*Directions:* Nothing in the records below may change; print them all exactly.

*Data supplied:*
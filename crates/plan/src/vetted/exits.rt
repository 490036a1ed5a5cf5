// The masks of the records beneath the asked term (`exit_masks`). Each function asks what the check has shown before.
ghost use Rattle.std.specs.Prelude.{◌≡◌};
ghost use Rattle.plan.specs.Exits.{Exits, Exitable, start_mask};

use crate::exit_parts::push;
use crate::vetted::exit_masks::Exit;
use model::{CompoundTerm, Pair, Record};
use terms::vetted::run::Numbered;

// The masks for a comparison under the term, found downward from it: a part's from its compound's.
pub fn exits(of: &Numbered, term: u8) -> [Exit; 128]
    requires { Exitable of.now.table.now term }
    ensures { Exits of.now.table.now term result }
{
    let mut exits = [Exit::Nothing; 128];
    exits[term as usize] = start_mask(of.record(term));
    for k in (0..term + 1).rev() {
        push(of.record(k), k, &mut exits);
    }
    exits
}

// The asked term's own mask: PARETO's and BOTH's parts tell all of its code.
fn start_mask(r: Record) -> Exit
    ensures { result ≡ start_mask r }
{
    match r {
        Record::Compound(CompoundTerm::Joined(Pair::Pareto | Pair::Both, _, _)) => Exit::Bits,
        _ => Exit::All,
    }
}
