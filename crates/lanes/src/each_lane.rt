// Loops over lanes: the functions of `vetted` say by a closure what is done in each. A closure that has no branch, `&` and
// `|` in place of `&&` and `||`, is run on many lanes at once.
ghost use Rattle.std.specs.Prelude.{◌≡◌, true, false, ℕ, ◌<◌, length, get_or};

// Sets each lane from its number and what it had.
pub fn put<T: Copy, F: Fn(usize, T) -> T>(out: &mut [T], lane: F)
    requires { (j : ℕ) (x : T) → j < length out.old → F.pre lane j x }
    ensures { (j : ℕ) (z : T) → j < length out.old → F.post lane j (get_or out.old j z) (get_or out.new j z) }
{
    for (j, x) in out.iter_mut().enumerate() {
        *x = lane(j, *x);
    }
}

// Some lane of the 64. It goes on when one is found, so that many of them go at once.
pub fn some<F: Fn(usize) -> bool>(lane: F) -> bool
    requires { (j : ℕ) → j < 64 → F.pre lane j }
    ensures found { result ≡ true → (j : ℕ) × (j < 64) × F.post lane j true }
    ensures none { result ≡ false → (j : ℕ) → j < 64 → F.post lane j false }
{
    let mut some = false;
    for j in 0..64 {
        some |= lane(j);
    }
    some
}
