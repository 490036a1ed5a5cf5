// Which records a comparison goes through: those that tell of the asked term, their parts, and the parts of these. Each
// function asks what the calls of Query have shown before.
ghost use Rattle.std.specs.Prelude.{◌≡◌, ◌<◌};
ghost use Rattle.plan.specs.Beneath.{OfRecord, PartsLow, Marked, record_marked};

use crate::vetted::exit_masks::Exit;
use model::{CompoundTerm, Record};
use terms::vetted::run::Numbered;

// Marks the records that tell of the asked term by their masks, and all beneath them, downward from the term.
pub fn beneath(of: &Numbered, exits: &[Exit; 128], term: u8) -> [bool; 128]
    requires few { term < 128 }
    requires low { PartsLow of.now.table.now term }
    ensures { Marked of.now.table.now term exits.now result }
{
    // A loop over places, of which many go at once: `map` makes the marks one by one.
    let mut marks = [false; 128];
    for i in 0..128 {
        marks[i] = !exits[i].is_nothing();
    }
    for k in (0..term + 1).rev() {
        if marks[k as usize] {
            mark_parts(of.record(k), &mut marks);
        }
    }
    marks
}

// Marks the parts of a record.
fn mark_parts(r: Record, marks: &mut [bool; 128])
    requires within { OfRecord (λ p. p < 128) r }
    ensures { marks.new ≡ record_marked r marks.old }
{
    match r {
        Record::Compound(CompoundTerm::Joined(_, p, q)) => {
            marks[p as usize] = true;
            marks[q as usize] = true;
        }
        Record::Compound(CompoundTerm::Dual(p)) => marks[p as usize] = true,
        _ => {}
    }
}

*Result of the task:*
filename crates/plan/src/vetted/exits.rt
repository 490036a1ed5a5cf5
// The masks of the records beneath the asked term (`exit_masks`). Each function asks what the check has shown before.
ghost use Rattle.std.specs.Prelude.{◌≡◌};
ghost use Rattle.plan.specs.Exits.{Exits, Exitable, start_mask};

use crate::exit_parts::push;
use crate::vetted::exit_masks::Exit;
use model::{CompoundTerm, Pair, Record};
use terms::vetted::run::Numbered;

// The masks for a comparison under the term, found downward from it: a part's from its compound's.
pub fn exits(of: &Numbered, term: u8) -> [Exit; 128]
    requires { Exitable of.now.table.now term }
    ensures { Exits of.now.table.now term result }
{
    let mut exits = [Exit::Nothing; 128];
    exits[term as usize] = start_mask(of.record(term));
    for k in (0..term + 1).rev() {
        push(of.record(k), k, &mut exits);
    }
    exits
}

// The asked term's own mask: PARETO's and BOTH's parts tell all of its code.
fn start_mask(r: Record) -> Exit
    ensures { result ≡ start_mask r }
{
    match r {
        Record::Compound(CompoundTerm::Joined(Pair::Pareto | Pair::Both, _, _)) => Exit::Bits,
        _ => Exit::All,
    }
}
filename crates/lanes/src/each_lane.rt
// Loops over lanes: the functions of `vetted` say by a closure what is done in each. A closure that has no branch, `&` and
// `|` in place of `&&` and `||`, is run on many lanes at once.
ghost use Rattle.std.specs.Prelude.{◌≡◌, true, false, ℕ, ◌<◌, length, get_or};

// Sets each lane from its number and what it had.
pub fn put<T: Copy, F: Fn(usize, T) -> T>(out: &mut [T], lane: F)
    requires { (j : ℕ) (x : T) → j < length out.old → F.pre lane j x }
    ensures { (j : ℕ) (z : T) → j < length out.old → F.post lane j (get_or out.old j z) (get_or out.new j z) }
{
    for (j, x) in out.iter_mut().enumerate() {
        *x = lane(j, *x);
    }
}

// Some lane of the 64. It goes on when one is found, so that many of them go at once.
pub fn some<F: Fn(usize) -> bool>(lane: F) -> bool
    requires { (j : ℕ) → j < 64 → F.pre lane j }
    ensures found { result ≡ true → (j : ℕ) × (j < 64) × F.post lane j true }
    ensures none { result ≡ false → (j : ℕ) → j < 64 → F.post lane j false }
{
    let mut some = false;
    for j in 0..64 {
        some |= lane(j);
    }
    some
}
repository 490036a1ed5a5cf5
// Which records a comparison goes through: those that tell of the asked term, their parts, and the parts of these. Each
// function asks what the calls of Query have shown before.
ghost use Rattle.std.specs.Prelude.{◌≡◌, ◌<◌};
ghost use Rattle.plan.specs.Beneath.{OfRecord, PartsLow, Marked, record_marked};

use crate::vetted::exit_masks::Exit;
use model::{CompoundTerm, Record};
use terms::vetted::run::Numbered;

// Marks the records that tell of the asked term by their masks, and all beneath them, downward from the term.
pub fn beneath(of: &Numbered, exits: &[Exit; 128], term: u8) -> [bool; 128]
    requires few { term < 128 }
    requires low { PartsLow of.now.table.now term }
    ensures { Marked of.now.table.now term exits.now result }
{
    // A loop over places, of which many go at once: `map` makes the marks one by one.
    let mut marks = [false; 128];
    for i in 0..128 {
        marks[i] = !exits[i].is_nothing();
    }
    for k in (0..term + 1).rev() {
        if marks[k as usize] {
            mark_parts(of.record(k), &mut marks);
        }
    }
    marks
}

// Marks the parts of a record.
fn mark_parts(r: Record, marks: &mut [bool; 128])
    requires within { OfRecord (λ p. p < 128) r }
    ensures { marks.new ≡ record_marked r marks.old }
{
    match r {
        Record::Compound(CompoundTerm::Joined(_, p, q)) => {
            marks[p as usize] = true;
            marks[q as usize] = true;
        }
        Record::Compound(CompoundTerm::Dual(p)) => marks[p as usize] = true,
        _ => {}
    }
}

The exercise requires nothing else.